I found a bad behaviour for the dayfirst option in to_datetime. It's seems that dayfirst= True is only applied on the first row.
import pandas as pd
df = pd.DataFrame(['2018-04-11 10:30:00','2018-04-11 10:30:00','2018-04-11 10:15:00'],columns=['date'])
df["date dayFristTrue"] = pd.to_datetime(df["date"], dayfirst=True)
df["date dayFristFalse"] = pd.to_datetime(df["date"], dayfirst=False)
print df
date date dayFristTrue date dayFristFalse
0 2018-04-11 10:30:00 2018-04-11 10:30:00 2018-04-11 10:30:00
1 2018-04-11 10:30:00 2018-11-04 10:30:00 2018-04-11 10:30:00
2 2018-04-11 10:15:00 2018-11-04 10:15:00 2018-04-11 10:15:00
Output of pd.show_versions()
Comment From: TomAugspurger
I think it's the extra spaces in your later dates:
In [12]: pd.to_datetime('2018-04-11 10:30:00', dayfirst=True)
Out[12]: Timestamp('2018-04-11 10:30:00')
In [13]: pd.to_datetime('2018-04-11 10:30:00', dayfirst=True)
Out[13]: Timestamp('2018-11-04 10:30:00')
I think there's a warning in the docs about this kind of behavior:
Warning: dayfirst=True is not strict, but will prefer to parse
with day first (this is a known bug, based on dateutil behavior).

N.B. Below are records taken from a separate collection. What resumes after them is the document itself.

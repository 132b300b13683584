//! Texts and their layouts, typed by hand from the rules of the layout.
use crate::programs::{
    ADD, DIVIDES, HEAP, LOOPS, MUTUAL, ONE, PICK, READING_SWITCH, RECURSIVE, SETTING, TWO,
};
use c_print::print;
use c_reader::read_program;
use c_tree::Text;
use std::process::Abort;

const SHORT: usize = 4096;

/// The layout of the program of a text.
fn laid_out<R: Abort + AllocGlobal>(rt: &R, text: &str) -> Text {
    let bytes = text.as_bytes();
    assert!(rt; bytes.len() < SHORT);
    let program = read_program(rt.alloc(), bytes).expect(rt, "a program");
    print(rt.alloc(), &program).expect(rt, "memory")
}

/// A text and its layout.
type Row<'a> = (&'a str, &'a str);

fn prints<R: Abort + AllocGlobal>(rt: &R, row: Row<'_>) {
    let (text, layout) = row;
    let printed = laid_out(rt, text);
    let printed = String::from_utf8_lossy(rt.alloc(), printed.bytes()).expect(rt, "memory");
    assert_eq!(rt; printed.as_str(), layout);
}

fn all_print<R: Abort + AllocGlobal>(rt: &R, rows: &[Row<'_>]) {
    for row in rows.iter() {
        prints(rt, *row);
    }
}

/// The texts are in layout.
fn stay<R: Abort + AllocGlobal>(rt: &R, texts: &[&str]) {
    for text in texts.iter() {
        prints(rt, (text, text));
    }
}

#[test]
fn straight_lines_and_functions_stay(rt: HostRuntime) {
    let texts: [&str; 5] = [
        TWO,
        ADD,
        PICK,
        "#include <stdio.h>\nint main(void) {\n    int a = getchar();\n    int b = getchar();\n    int c = getchar();\n    putchar(a);\n    putchar(c);\n}\n",
        SETTING,
    ];
    stay(&rt, &texts);
}

#[test]
fn loops_and_lists_stay(rt: HostRuntime) {
    let texts: [&str; 2] = [
        LOOPS,
        "#include <stdio.h>\n#include <stdlib.h>\nstruct node {\n    int val;\n    struct node *next;\n};\nint main(void) {\n    struct node *head = NULL;\n    struct node *n;\n    int c = getchar();\n    while (c != EOF) {\n        n = malloc(sizeof(struct node));\n        n->val = c;\n        n->next = head;\n        head = n;\n        c = getchar();\n    }\n    int sum = 0;\n    int len = 0;\n    for (n = head; n != NULL; n = n->next) {\n        sum = sum + n->val;\n        len = len + 1;\n    }\n    printf(\"%d\\n\", sum);\n    printf(\"%d\\n\", len);\n    return 0;\n}\n",
    ];
    stay(&rt, &texts);
}

#[test]
fn recursion_and_memory_stay(rt: HostRuntime) {
    let texts: [&str; 6] = [
        RECURSIVE,
        MUTUAL,
        "int g;\nint f(int a) {\n    g = a;\n    return a + 1;\n}\nint main(void) {\n    int x = f(3);\n    x = g;\n    x = x + 1;\n}\n",
        "int helper(int a) {\n    a = a + 1;\n    return a;\n}\nint main(void) {\n    return 0;\n}\n",
        HEAP,
        DIVIDES,
    ];
    stay(&rt, &texts);
}

#[test]
fn a_switch_and_a_program_on_one_line(rt: HostRuntime) {
    let rows: [Row<'_>; 2] = [
        (
            READING_SWITCH,
            "#include <stdio.h>\nint main(void) {\n    int c = getchar();\n    int r = 0;\n    int q = 0;\n    switch (c) {\n        case 'a':\n            q = 1;\n            break;\n        case 'b':\n            r = 2;\n            break;\n        default:\n            r = 3;\n            break;\n    }\n    printf(\"%d\\n\", r);\n    printf(\"%d\\n\", q);\n}\n",
        ),
        (
            ONE,
            "int main(void) {\n    int x = 0;\n    int i;\n    for (i = 0; i < 3; ++i) {\n        x += i;\n    }\n}\n",
        ),
    ];
    all_print(&rt, &rows);
}

#[test]
fn odd_spellings_of_declarations(rt: HostRuntime) {
    let rows: [Row<'_>; 6] = [
        (
            "long unsigned int a;int short b;unsigned c;signed char d;char unsigned e;int long signed f;\nint main(){}\n",
            "unsigned long a;\nshort b;\nunsigned int c;\nchar d;\nunsigned char e;\nlong f;\nint main(void) {\n}\n",
        ),
        (
            "int a[3]={1,2,};int b[]={1,2,3,};\nint main(void){}\n",
            "int a[3] = {1, 2};\nint b[3] = {1, 2, 3};\nint main(void) {\n}\n",
        ),
        (
            "int *p,**q,*r[2+1],x=017,y=0xFfUL;\nint main(void){}\n",
            "int *p;\nint **q;\nint *r[2 + 1];\nint x = 017;\nint y = 0xFfUL;\nint main(void) {\n}\n",
        ),
        (
            "void f(int a[3],int*b);void f(int*a,int b[]){}int main(void){}\n",
            "void f(int *a, int *b);\nvoid f(int *a, int *b) {\n}\nint main(void) {\n}\n",
        ),
        (
            "static int g;static int h(void);static int h(void){return g;}int main(void){}\n",
            "static int g;\nstatic int h(void);\nstatic int h(void) {\n    return g;\n}\nint main(void) {\n}\n",
        ),
        (
            "struct s;struct s{int a,*b;struct s*c;};struct s x;int main(void){x.c=&x;x.c->a=-(-1);}\n",
            "struct s;\nstruct s {\n    int a;\n    int *b;\n    struct s *c;\n};\nstruct s x;\nint main(void) {\n    x.c = &x;\n    x.c->a = -(-1);\n}\n",
        ),
    ];
    all_print(&rt, &rows);
}

#[test]
fn odd_spellings_of_statements(rt: HostRuntime) {
    let rows: [Row<'_>; 5] = [
        (
            "int main(void){int x=1;if(x)x=2;else if(x>3)x=- -x;else;while(x)--x;do x++;while(x<3);}\n",
            "int main(void) {\n    int x = 1;\n    if (x) {\n        x = 2;\n    } else {\n        if (x > 3) {\n            x = - -x;\n        }\n    }\n    while (x) {\n        --x;\n    }\n    do {\n        x++;\n    } while (x < 3);\n}\n",
        ),
        (
            "int main(void){int x=1;for(;x<3;);for(int i=0;i<2;i+=1){;}{{}}x=x?1:(int)2L;x=!x&&~x||+x;}\n",
            "int main(void) {\n    int x = 1;\n    for (; x < 3;) {\n    }\n    for (int i = 0; i < 2; i += 1) {\n    }\n    {\n        {\n        }\n    }\n    x = x ? 1 : (int)2L;\n    x = !x && ~x || +x;\n}\n",
        ),
        (
            "int main(void){int x='\\n';x='\\'';x='\\\\';x='\\0';x='\\\"';x='\\?';x='\"';x+='\\t'+'\\r'+'\\a'+'\\b'+'\\f'+'\\v';}\n",
            "int main(void) {\n    int x = '\\n';\n    x = '\\'';\n    x = '\\\\';\n    x = '\\0';\n    x = '\\\"';\n    x = '\\?';\n    x = '\"';\n    x += '\\t' + '\\r' + '\\a' + '\\b' + '\\f' + '\\v';\n}\n",
        ),
        (
            "#include <stdlib.h>\n#include <stdio.h>\nint main(void){int*p=malloc(2*sizeof(int));p=(int*)malloc(sizeof*p*3);p=malloc(sizeof(*p));char*c=malloc(7);free(p);printf(\"%d%%\\n\",*p);putchar(c[0]);getchar();*p=getchar();}\n",
            "#include <stdlib.h>\n#include <stdio.h>\nint main(void) {\n    int *p = malloc(2 * sizeof(int));\n    p = (int *)malloc(sizeof *p * 3);\n    p = malloc(sizeof(*p));\n    char *c = malloc(7);\n    free(p);\n    printf(\"%d%%\\n\", *p);\n    putchar(c[0]);\n    getchar();\n    *p = getchar();\n}\n",
        ),
        (
            "int f(int a){return a;}int main(void){int a[2][3];int x=f(1);f(2);a[0][1]=f(x);switch(x){case 1:case 2:x=3;break;default:break;}return 0;}\n",
            "int f(int a) {\n    return a;\n}\nint main(void) {\n    int a[2][3];\n    int x = f(1);\n    f(2);\n    a[0][1] = f(x);\n    switch (x) {\n        case 1:\n        case 2:\n            x = 3;\n            break;\n        default:\n            break;\n    }\n    return 0;\n}\n",
        ),
    ];
    all_print(&rt, &rows);
}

Though, strangely, python-datetuil does handle the spaces. Perhaps an issue in pandas then.
In [26]: dateutil.parser.parse('2018-04-11 10:30:00', dayfirst=True)
Out[26]: datetime.datetime(2018, 11, 4, 10, 30)
In [27]: dateutil.parser.parse('2018-04-11 10:30:00', dayfirst=True)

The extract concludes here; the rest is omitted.